__TASK ITEM__
Could you copy each line of the entries that contains "heads"?

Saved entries
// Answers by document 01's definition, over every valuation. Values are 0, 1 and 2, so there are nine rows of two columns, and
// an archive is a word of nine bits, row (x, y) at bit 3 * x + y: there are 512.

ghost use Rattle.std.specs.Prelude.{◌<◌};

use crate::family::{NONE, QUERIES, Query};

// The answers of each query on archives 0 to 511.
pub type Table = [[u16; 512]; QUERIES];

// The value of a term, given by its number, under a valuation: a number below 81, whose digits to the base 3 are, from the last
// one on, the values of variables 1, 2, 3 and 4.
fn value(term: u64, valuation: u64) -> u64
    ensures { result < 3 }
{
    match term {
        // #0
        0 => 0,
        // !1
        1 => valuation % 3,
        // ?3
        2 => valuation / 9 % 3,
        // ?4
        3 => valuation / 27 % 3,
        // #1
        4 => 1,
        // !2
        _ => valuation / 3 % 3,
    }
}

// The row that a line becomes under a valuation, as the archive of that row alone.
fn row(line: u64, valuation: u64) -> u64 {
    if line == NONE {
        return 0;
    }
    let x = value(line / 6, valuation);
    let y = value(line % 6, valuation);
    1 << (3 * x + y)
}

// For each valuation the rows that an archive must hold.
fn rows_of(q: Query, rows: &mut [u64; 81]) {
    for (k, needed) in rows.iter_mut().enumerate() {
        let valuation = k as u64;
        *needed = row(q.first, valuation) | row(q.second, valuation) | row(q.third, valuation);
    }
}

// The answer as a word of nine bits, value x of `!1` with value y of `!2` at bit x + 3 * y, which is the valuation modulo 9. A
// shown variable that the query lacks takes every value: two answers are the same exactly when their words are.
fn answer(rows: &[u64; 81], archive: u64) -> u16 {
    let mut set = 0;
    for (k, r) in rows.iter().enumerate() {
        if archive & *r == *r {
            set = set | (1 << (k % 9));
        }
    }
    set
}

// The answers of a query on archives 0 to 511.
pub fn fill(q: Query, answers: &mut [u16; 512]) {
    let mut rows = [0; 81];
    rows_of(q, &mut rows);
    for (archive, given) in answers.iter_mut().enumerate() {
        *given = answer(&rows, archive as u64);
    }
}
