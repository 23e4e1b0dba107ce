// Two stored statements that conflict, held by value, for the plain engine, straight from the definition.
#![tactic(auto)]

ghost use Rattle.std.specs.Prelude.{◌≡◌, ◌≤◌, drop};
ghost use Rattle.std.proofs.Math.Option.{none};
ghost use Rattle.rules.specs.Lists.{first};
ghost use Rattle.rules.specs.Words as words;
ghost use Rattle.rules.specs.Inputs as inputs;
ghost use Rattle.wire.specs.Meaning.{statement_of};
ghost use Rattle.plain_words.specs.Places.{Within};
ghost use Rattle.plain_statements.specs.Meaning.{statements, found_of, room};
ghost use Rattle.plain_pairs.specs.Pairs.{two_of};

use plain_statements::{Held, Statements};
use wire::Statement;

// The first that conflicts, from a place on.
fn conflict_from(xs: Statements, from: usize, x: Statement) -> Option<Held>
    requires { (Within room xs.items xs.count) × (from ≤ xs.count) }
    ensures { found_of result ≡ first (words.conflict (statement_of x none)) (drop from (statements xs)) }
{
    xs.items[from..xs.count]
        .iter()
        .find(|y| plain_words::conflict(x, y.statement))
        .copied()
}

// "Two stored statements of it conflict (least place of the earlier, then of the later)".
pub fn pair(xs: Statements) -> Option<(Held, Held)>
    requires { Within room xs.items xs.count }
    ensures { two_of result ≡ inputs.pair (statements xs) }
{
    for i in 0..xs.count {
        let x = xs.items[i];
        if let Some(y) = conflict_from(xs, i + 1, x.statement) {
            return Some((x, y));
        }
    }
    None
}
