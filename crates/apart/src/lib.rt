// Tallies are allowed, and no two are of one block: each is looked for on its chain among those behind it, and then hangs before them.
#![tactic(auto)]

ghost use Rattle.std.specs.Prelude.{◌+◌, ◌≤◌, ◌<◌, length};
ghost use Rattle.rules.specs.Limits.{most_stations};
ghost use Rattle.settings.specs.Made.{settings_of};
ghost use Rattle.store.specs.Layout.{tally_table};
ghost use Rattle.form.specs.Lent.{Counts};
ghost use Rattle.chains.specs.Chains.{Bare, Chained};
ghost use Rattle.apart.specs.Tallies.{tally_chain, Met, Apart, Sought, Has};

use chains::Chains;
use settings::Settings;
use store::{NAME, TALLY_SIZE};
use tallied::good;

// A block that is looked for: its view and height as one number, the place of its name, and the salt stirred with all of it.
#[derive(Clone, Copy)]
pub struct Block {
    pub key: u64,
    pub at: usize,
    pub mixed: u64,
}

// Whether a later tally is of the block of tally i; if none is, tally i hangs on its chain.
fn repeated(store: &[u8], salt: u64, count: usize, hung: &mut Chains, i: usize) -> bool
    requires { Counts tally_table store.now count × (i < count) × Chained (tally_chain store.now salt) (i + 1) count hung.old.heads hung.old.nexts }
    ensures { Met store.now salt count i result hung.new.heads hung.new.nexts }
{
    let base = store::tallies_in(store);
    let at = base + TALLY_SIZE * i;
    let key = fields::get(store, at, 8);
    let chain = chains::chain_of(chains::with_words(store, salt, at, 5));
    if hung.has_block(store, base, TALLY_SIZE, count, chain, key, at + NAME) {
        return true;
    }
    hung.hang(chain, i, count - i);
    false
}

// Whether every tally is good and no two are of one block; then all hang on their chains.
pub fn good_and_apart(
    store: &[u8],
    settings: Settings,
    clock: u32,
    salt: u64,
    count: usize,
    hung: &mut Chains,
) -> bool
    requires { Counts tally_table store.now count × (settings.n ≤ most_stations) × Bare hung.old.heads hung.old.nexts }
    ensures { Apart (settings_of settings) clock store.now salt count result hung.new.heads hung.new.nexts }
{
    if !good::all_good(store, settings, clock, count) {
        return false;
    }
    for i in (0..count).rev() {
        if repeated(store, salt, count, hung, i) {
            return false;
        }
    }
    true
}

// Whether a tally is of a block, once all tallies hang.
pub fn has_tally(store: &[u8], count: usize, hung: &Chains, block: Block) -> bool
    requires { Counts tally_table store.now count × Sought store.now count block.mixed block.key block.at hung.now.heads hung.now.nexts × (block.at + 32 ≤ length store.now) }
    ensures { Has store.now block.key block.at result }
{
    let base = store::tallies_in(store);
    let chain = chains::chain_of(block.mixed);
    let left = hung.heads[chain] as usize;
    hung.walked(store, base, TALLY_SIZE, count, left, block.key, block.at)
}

__FINAL ANSWER__
    requires { Counts tally_table store.now count × (i < count) × Chained (tally_chain store.now salt) (i + 1) count hung.old.heads hung.old.nexts }
    ensures { Met store.now salt count i result hung.new.heads hung.new.nexts }
    requires { Counts tally_table store.now count × (settings.n ≤ most_stations) × Bare hung.old.heads hung.old.nexts }
    ensures { Apart (settings_of settings) clock store.now salt count result hung.new.heads hung.new.nexts }
    requires { Counts tally_table store.now count × Sought store.now count block.mixed block.key block.at hung.now.heads hung.now.nexts × (block.at + 32 ≤ length store.now) }
    let left = hung.heads[chain] as usize;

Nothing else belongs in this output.